→ **PROBLEM REQUIREMENTS**: In the records below, work out how many lines hold the word "transactions". Report the number alone.

----

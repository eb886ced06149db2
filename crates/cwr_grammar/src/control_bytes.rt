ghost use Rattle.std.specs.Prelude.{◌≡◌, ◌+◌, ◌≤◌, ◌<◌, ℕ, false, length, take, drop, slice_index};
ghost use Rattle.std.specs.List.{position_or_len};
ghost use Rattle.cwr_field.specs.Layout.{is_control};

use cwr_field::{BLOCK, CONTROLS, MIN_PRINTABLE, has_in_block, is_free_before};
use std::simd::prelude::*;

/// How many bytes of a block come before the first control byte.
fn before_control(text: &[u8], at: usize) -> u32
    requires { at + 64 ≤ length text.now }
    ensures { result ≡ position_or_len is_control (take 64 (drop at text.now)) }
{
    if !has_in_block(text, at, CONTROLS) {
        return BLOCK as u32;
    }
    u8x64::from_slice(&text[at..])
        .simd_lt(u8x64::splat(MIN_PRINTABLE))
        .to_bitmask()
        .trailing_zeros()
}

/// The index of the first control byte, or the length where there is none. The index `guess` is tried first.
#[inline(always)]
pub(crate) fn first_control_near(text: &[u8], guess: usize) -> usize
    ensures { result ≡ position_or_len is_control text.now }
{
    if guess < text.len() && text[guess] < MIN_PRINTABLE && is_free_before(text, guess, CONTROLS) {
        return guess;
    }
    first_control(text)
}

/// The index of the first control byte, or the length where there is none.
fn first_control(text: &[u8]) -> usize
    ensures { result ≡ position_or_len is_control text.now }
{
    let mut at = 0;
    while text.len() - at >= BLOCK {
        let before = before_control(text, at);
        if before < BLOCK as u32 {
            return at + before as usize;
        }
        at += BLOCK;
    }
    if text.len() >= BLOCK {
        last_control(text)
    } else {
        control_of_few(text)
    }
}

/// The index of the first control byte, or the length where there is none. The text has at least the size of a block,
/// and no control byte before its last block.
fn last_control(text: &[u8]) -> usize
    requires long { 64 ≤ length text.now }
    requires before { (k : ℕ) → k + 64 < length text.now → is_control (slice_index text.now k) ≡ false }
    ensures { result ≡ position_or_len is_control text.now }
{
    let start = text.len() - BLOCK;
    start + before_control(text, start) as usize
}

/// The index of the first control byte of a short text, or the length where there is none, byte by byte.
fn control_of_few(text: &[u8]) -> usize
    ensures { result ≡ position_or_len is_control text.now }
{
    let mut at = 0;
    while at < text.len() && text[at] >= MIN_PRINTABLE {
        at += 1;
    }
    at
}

----

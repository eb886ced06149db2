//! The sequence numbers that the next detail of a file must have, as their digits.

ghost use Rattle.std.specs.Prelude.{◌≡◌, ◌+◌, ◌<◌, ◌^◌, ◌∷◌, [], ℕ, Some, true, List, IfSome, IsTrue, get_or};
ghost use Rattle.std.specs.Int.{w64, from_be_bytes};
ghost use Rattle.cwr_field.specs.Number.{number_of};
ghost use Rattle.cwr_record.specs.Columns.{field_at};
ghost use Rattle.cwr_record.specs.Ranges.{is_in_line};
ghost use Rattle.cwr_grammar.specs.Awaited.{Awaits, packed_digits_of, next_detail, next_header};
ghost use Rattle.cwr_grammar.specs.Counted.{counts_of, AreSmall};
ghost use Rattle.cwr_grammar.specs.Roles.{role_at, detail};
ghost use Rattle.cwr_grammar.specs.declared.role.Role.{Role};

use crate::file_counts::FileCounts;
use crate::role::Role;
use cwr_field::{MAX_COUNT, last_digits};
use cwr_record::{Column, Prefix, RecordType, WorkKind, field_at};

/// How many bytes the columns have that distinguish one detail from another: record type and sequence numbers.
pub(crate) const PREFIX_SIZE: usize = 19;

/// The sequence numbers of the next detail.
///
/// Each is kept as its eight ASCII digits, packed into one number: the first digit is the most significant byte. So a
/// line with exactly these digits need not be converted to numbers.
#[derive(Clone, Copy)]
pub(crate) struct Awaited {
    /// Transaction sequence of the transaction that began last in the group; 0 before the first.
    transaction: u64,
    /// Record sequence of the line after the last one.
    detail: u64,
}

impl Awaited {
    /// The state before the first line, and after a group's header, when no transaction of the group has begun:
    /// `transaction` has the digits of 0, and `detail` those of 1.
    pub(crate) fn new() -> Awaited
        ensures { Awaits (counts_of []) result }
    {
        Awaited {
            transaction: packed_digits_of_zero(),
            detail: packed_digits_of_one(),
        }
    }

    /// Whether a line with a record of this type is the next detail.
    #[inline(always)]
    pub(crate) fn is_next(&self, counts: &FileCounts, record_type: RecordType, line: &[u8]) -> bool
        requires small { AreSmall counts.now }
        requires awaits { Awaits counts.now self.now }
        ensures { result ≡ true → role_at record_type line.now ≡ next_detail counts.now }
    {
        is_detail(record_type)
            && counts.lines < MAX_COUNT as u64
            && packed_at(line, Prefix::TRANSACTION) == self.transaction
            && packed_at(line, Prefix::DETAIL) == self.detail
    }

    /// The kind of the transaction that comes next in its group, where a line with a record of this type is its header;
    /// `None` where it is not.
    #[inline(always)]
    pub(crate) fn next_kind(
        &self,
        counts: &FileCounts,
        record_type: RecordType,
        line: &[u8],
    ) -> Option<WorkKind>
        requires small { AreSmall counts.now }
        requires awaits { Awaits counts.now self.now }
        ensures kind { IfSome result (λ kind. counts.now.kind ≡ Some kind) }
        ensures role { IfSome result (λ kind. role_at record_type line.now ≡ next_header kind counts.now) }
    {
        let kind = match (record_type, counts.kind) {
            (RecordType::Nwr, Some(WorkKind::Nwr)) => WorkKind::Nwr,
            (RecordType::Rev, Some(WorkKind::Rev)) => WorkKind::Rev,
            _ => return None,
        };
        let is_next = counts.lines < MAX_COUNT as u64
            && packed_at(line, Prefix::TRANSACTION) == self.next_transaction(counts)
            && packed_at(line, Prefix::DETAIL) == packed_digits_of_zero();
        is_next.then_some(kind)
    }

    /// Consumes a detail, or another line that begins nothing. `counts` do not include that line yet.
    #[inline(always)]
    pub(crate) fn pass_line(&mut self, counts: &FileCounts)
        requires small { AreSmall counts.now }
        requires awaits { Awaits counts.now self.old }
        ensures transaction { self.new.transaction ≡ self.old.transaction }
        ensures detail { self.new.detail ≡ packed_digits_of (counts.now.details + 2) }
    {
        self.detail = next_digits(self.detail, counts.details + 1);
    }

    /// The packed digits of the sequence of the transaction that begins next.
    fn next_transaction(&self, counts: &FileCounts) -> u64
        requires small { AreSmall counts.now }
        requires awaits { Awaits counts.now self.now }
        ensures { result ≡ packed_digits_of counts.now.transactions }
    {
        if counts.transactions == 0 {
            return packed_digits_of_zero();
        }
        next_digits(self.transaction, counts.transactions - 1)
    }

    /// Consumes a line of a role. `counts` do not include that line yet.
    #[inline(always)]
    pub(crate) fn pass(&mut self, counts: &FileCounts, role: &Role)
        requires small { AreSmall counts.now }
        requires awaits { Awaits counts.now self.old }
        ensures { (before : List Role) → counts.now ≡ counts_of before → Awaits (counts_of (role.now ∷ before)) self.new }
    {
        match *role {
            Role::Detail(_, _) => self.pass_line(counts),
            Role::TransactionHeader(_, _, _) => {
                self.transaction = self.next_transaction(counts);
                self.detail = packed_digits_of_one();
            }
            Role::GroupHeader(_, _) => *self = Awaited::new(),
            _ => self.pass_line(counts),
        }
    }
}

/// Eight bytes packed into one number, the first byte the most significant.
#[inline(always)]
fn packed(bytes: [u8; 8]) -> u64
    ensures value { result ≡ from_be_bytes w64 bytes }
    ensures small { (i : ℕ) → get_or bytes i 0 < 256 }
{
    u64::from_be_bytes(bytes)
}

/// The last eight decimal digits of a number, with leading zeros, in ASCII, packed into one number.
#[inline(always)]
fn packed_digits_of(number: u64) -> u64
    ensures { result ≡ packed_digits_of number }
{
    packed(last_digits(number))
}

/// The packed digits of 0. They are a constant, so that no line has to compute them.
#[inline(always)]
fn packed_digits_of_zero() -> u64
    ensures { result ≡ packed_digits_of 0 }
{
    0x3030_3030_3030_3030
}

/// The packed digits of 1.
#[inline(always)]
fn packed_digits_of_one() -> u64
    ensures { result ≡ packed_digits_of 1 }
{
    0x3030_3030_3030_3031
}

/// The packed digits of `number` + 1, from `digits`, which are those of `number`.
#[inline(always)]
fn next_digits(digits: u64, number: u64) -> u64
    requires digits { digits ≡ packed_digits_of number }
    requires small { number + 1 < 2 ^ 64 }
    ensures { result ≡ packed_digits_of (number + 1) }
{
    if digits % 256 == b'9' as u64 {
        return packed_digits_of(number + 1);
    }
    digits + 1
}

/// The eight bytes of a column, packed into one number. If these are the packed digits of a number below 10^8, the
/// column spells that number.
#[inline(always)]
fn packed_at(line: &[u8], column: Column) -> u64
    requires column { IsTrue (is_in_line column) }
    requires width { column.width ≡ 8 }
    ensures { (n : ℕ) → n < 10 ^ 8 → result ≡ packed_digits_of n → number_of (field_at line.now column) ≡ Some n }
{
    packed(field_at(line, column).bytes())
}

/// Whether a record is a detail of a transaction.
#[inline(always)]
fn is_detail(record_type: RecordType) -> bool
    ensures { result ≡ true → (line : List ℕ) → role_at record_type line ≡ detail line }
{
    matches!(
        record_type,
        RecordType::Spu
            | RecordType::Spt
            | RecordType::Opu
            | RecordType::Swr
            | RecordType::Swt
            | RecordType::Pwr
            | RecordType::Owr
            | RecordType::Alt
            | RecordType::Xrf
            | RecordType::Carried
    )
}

----

→ **EXERCISE SOLUTION**: 3